WTO favours developed countries, not the peasants and poor people

(Nairobi, December 17, 2015) Under capitalism production is not for consumption but for trade to make profits. Countries particularly the developing ones are being forced to open their borders and markets to cheap and low quality agricultural commodities from countries such as the US, China, EU, Brazil etc. All this is done to grow profits for big corporations. Everywhere WTO promotes dumping of heavily subsidised mass produced farm produce among other products from developed countries. Even countries such as South Korea and Kenya which produce adequate good quality rice and sugar respectively are forced take imports of these agricultural products.

According to Ha Won-Oh and Kim Soon-Ae, the delegates from the Korean Peasant League and Korean Women Peasants Association South Korea, because of rice imports, Korean farmers are being destroyed as imports cause low prices resulting in low incomes; the countryside is being deserted too. The youth are leaving the farms in search for better pay in urban areas. Elderly folk left on the farms. The debt owed by these farmers has doubled. Corporations such as Cargill stand to benefit as more farmers are destroyed in future. For now Korea has surplus rice. Cheap rice imports mean big foreign rice producers are being sustained while local producers are being destroyed.

The Kenyan situation is sad. Multinational corporations are stealing from the peasants and poor people. According to Cidi Otieno of Center for Constitution Implementation (CCI) Kenyan tea and coffee is being processed and packaged in Europe and imported to Kenya at higher prices. Yet the tea and coffee growers are paid very low prices which don’t allow subsistence. Farmers are being destroyed by cheap sugar imports from China. The sugar is first imported and repackaged in Uganda then sold to Kenya under the Common Market for Eastern and Southern Africa (COMESA), a regional trade bloc which allows free flow of goods for trade among member countries. The local sugar industry suffers too as it cannot compete against cheap sugar imports.

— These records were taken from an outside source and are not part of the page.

// What the program says of a question before any rows (docs/LAYOUT.md, "What it writes"): the plan text and the cost; or, with no rows
// after it, the first refusal or that the numbers are not a question. `open` finds the parts of the question, and the functions that it
// calls are given them.
#![tactic(auto)]

ghost use Rattle.std.specs.Prelude.{◌≡◌, true, Ok, Err, ◌++◌, ◌-◌, length};
ghost use Rattle.ask_lines.specs.Lines.{outside_line, refusal_text, cost_line};
ghost use Rattle.text_pieces.specs.Written.{Written};
ghost use Rattle.plan_text.specs.Text.{text_of};
ghost use Rattle.plan_text.specs.Answer.{text_fault};
ghost use Rattle.eval.specs.Evaluation.{evaluation_fault};
ghost use Rattle.ask_question.specs.Parts.{parts_of};
ghost use Rattle.ask_opening.specs.Question.{names_of, is_question, ends_of, tables_in};
ghost use Rattle.ask_opening.specs.Opening.{cost_bytes, outside, showing_fault, opened_with, opening_of, Line, Opens};
ghost use Rattle.ask_opening.specs.Opening.{refusal as Opening·refusal};

use ask_question::{MAX_ENDS, Parts};
use plan::Plan;
use refusal::{Refusal, Verdict};
use tables::Tables;
use text_pieces::Pen;

// The plan whose rows follow, if they do; and how many bytes are written before them.
#[derive(Clone, Copy)]
pub struct Opening {
    pub plan: Option<Plan>,
    pub length: usize,
}

// The bytes of names that there is room for.
const NAME_BYTES: usize = 4096;

// The longest cost line.
const COST_BYTES: usize = 27;

// Write what is said of the numbers of an input to the front of a buffer.
pub fn open(words: &[u64], out: &mut [u8]) -> Opening
    ensures { Opens (opening_of words.now (length out.old)) out.old result out.new }
{
    let parts = ask_question::find_parts(words);
    if !is_question(words, parts) {
        return say_outside(out);
    }
    let query = ask_question::read_query(words, parts);
    let planned = ask_plan::plan_asked(
        ask_question::word_at(words, ask_question::TASK),
        query,
        ask_question::items(words, parts.types),
    );
    match planned {
        Ok(chosen) => open_planned(words, parts, chosen.plan, chosen.cost, out),
        Err(refusal) => say_refusal(refusal, out),
    }
}

// Whether the numbers are in the layout, and there is room for the bytes of names.
#[tactic(auto, unfolding(crate::specs::Question::is_question))]
fn is_question(words: &[u64], parts: Parts) -> bool
    requires { parts ≡ parts_of words.now }
    ensures { result ≡ is_question words.now }
{
    ask_question::is_inside(words, parts)
        && ask_question::items(words, parts.names).len() <= NAME_BYTES
}

// One line, and no rows.
fn say_outside(out: &mut [u8]) -> Opening
    ensures { Opens outside out.old result out.new }
{
    let length = write_outside(out);
    Opening { plan: None, length }
}

fn say_refusal(refusal: Refusal, out: &mut [u8]) -> Opening
    ensures { Opens (Opening·refusal (Err refusal)) out.old result out.new }
{
    let length = write_refusal(refusal, out);
    Opening { plan: None, length }
}

// What is said of a question that was planned. First its names are read.
fn open_planned(words: &[u64], parts: Parts, plan: Plan, cost: u64, out: &mut [u8]) -> Opening
    requires parts_value { parts ≡ parts_of words.now }
    requires words_value { is_question words.now ≡ true }
    ensures { Opens (opened_with words.now plan cost (names_of words.now) (ends_of words.now plan.slot_count) (length out.old)) out.old result out.new }
{
    let mut names = [0u8; NAME_BYTES];
    let given = ask_question::items(words, parts.names);
    let count = given.len();
    ask_question::read_bytes(given, &mut names);
    open_named(words, parts, plan, cost, &names[..count], out)
}

// Then the ends of the names. The buffer has room for one end more than a plan can have slots: where it is full, there are too many, and
// the names are refused.
fn open_named(
    words: &[u64],
    parts: Parts,
    plan: Plan,
    cost: u64,
    names: &[u8],
    out: &mut [u8],
) -> Opening
    requires { parts ≡ parts_of words.now }
    ensures { Opens (opened_with words.now plan cost names.now (ends_of words.now plan.slot_count) (length out.old)) out.old result out.new }
{
    let mut ends = [0usize; MAX_ENDS];
    let given = ask_question::items(words, parts.ends);
    ask_question::read_ends(given, &mut ends);
    // the slots past the variables
    let variables = ask_question::word_at(words, ask_question::VARIABLES);
    let constants = (plan.slot_count as u64).saturating_sub(variables) as usize;
    let count = ask_question::count_ends(given.len(), constants, MAX_ENDS);
    open_with(words, parts, plan, cost, names, &ends[..count], out)
}

// Then a refusal is written, or the plan text and the cost.
fn open_with(
    words: &[u64],
    parts: Parts,
    plan: Plan,
    cost: u64,
    names: &[u8],
    ends: &[usize],
    out: &mut [u8],
) -> Opening
    requires { parts ≡ parts_of words.now }
    ensures { Opens (opened_with words.now plan cost names.now ends.now (length out.old)) out.old result out.new }
{
    match showing_fault(words, parts, plan, names, ends, out) {
        Ok(()) => {
            let length = write_opening(plan, cost, names, ends, out);
            Opening {
                plan: Some(plan),
                length,
            }
        }
        Err(refusal) => say_refusal(refusal, out),
    }
}

// The text's refusal comes before that of evaluation.
#[tactic(auto, unfolding(crate::specs::Opening::showing_fault))]
fn showing_fault(
    words: &[u64],
    parts: Parts,
    plan: Plan,
    names: &[u8],
    ends: &[usize],
    out: &[u8],
) -> Verdict
    requires { parts ≡ parts_of words.now }
    ensures { result ≡ showing_fault words.now plan names.now ends.now (length out.now) }
{
    text_fault(plan, names, ends, out)?;
    evaluation_fault(words, parts, plan)
}

// The refusal of the plan text. The text may take the whole buffer but for the longest cost line.
fn text_fault(plan: Plan, names: &[u8], ends: &[usize], out: &[u8]) -> Verdict
    ensures { result ≡ text_fault plan names.now ends.now (length out.now - cost_bytes) }
{
    let room = out.len().saturating_sub(COST_BYTES);
    plan_text::measure(plan, names, ends, &out[..room])?;
    Ok(())
}

fn evaluation_fault(words: &[u64], parts: Parts, plan: Plan) -> Verdict
    requires { parts ≡ parts_of words.now }
    ensures { result ≡ evaluation_fault plan (tables_in words.now) }
{
    let tables = Tables {
        aevt: ask_question::items(words, parts.aevt),
        avet: ask_question::items(words, parts.avet),
        eavt: ask_question::items(words, parts.eavt),
    };
    eval::check(plan, &tables)
}

// The text fits, as its check said.
fn write_opening(plan: Plan, cost: u64, names: &[u8], ends: &[usize], out: &mut [u8]) -> usize
    requires { text_fault plan names.now ends.now (length out.old - cost_bytes) ≡ Ok tt }
    ensures { Line (text_of plan names.now ends.now ++ cost_line cost) out.old result out.new }
{
    let length = plan_text::fmt(plan, names, ends, out).unwrap();
    write_cost(cost, length, out)
}

// One line, to the front of a buffer or behind the text. Each makes a pen of its own: of one that the caller lends, the caller's answer could not
// say what the buffer ends as.
fn write_outside(out: &mut [u8]) -> usize
    ensures { Written outside_line 0 out.old result out.new }
{
    let mut pen = Pen { out, at: 0 };
    ask_lines::write_outside(&mut pen);
    pen.at
}

fn write_refusal(refusal: Refusal, out: &mut [u8]) -> usize
    ensures { Written (refusal_text (Err refusal)) 0 out.old result out.new }
{
    let mut pen = Pen { out, at: 0 };
    ask_lines::write_refusal(refusal.rule.number(), refusal.place, &mut pen);
    pen.at
}

fn write_cost(cost: u64, at: usize, out: &mut [u8]) -> usize
    ensures { Written (cost_line cost) at out.old result out.new }
{
    let mut pen = Pen { out, at };
    ask_lines::write_cost(cost, &mut pen);
    pen.at
}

“Agricultural support from the Kenyan government is low. Where l come from sugar fields have not been harvested because the rail infrastructure has collapsed. The milling factories have been affected too. Some have closed. The government pays very low prices for the sugar. Farmers cannot send their children to school or pay for health” says Mary Saka of Bunge La Mwananchi. “Rice has been affected the same way too”, she added.  

“Traditional cloth (Kikoyi-traditional cloth) and handcrafts (Kiondo – a local basket) and other locally made traditional instruments (Nyatiti –an 8 string instrument and Marimba) have been patented in Europe by private companies. With the WTO Trade Related Intellectual Property Rights (TRIPS), Kenya might soon pay royalties for producing these local goods in future. After the 10th WTO ministerial (MC10), Kenyan government could be forced to enforce patent laws under WTO as the foreign companies seek to control local production”, says Cidi Otieno.

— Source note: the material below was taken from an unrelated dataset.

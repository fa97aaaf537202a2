// Laws only: facts on lists that proofs of several crates cite.
#![tactic(auto)]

Water too is being privatised. “Grandson, a foreign company, is supplying prepaid water to Mathare slums at very high charges. Only 3 prepaid meters service 6,000 families”, says Rachael Mwikali, a grassroots gender activist. 

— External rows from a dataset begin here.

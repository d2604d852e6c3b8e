//! Matching as its definition says it: the specification's term is walked again for each object.
ghost use Rattle.std.specs.Prelude.{◌≡◌, [], ◌∷◌, ◌++◌, ◌<◌, IfOk, None, false, Some, option_and_then, option_map, if◌then◌else◌};
ghost use Rattle.ca_term.specs.Tree.{Atom, Cons, Tuple, row_of};
ghost use Rattle.ca_match.specs.Match.{all_bound, all_values, atom_value, bind, bind_atom, bind_row, bind_variable, bound, call_value, clause_result, fitted, form_value, guarded, pass, result_of, tuple_value, value, values, within};
ghost use Rattle.ca_match.specs.MatcherView.{bindings_of, cells_of, scene_of};
ghost use Rattle.ca_match.specs.OperatorView.{meaning_of, stop_of};
ghost use Rattle.ca_match.specs.Operators.{Short, applied, truth, truth_of};
ghost use Rattle.ca_match.specs.ValueView.{tree_of_value};

use crate::gathering::{push, push_copy};
use crate::operator::Operator;
use crate::part::{cell_parts, tuple_items};
use crate::value::{Value, truth, truth_value};
use crate::variable::variable_number;
use ca_term::{Kind, Term, TermFault, Terms, cons, list, nil, term_order, try_copy, tuple};
use std::alloc::{AllocError, Global};

// What is bound to each of the variables, by their numbers.
type Table<'a> = [Option<&'a Term>; 100];

// A value, where the expression doesn't fail, or want of memory.
type Evaluated<'a> = Result<Option<Value<'a>>, AllocError>;

/// The result that a match specification gives an object: that of the first clause that holds, or `None` where none holds. A term that is no
/// specification gives what the definition of matching says of it.
/// Source: the ERTS user's guide, "Match Specifications in Erlang".
#[tactic(auto, unfolding(crate::specs::Match::result_of))]
pub fn match_result(alloc: Global, spec: &Term, object: &Term) -> Result<Option<Term>, AllocError>
    ensures { IfOk result (λ found. found ≡ result_of spec.now object.now) }
{
    let mut rest = spec;
    while let Kind::Cons(clause, clauses) = rest.kind() {
        if let Some(value) = clause_result(alloc, clause, object)? {
            return Ok(Some(value.into_term(alloc)?));
        }
        rest = clauses;
    }
    Ok(None)
}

WTO ministerial in Nairobi must fail to save the poor, peasants and small farmers from being turned into slaves to be exploited by corporations. Our governments must pull out of WTO now. We, the peasants and activists, gathered in Nairobi calling for an End the WTO should unite and collectively fight this vampire, the WTO.  Our future is better without the WTO. We call for Food Sovereignty to be embraced by our governments to support the poor and peasants.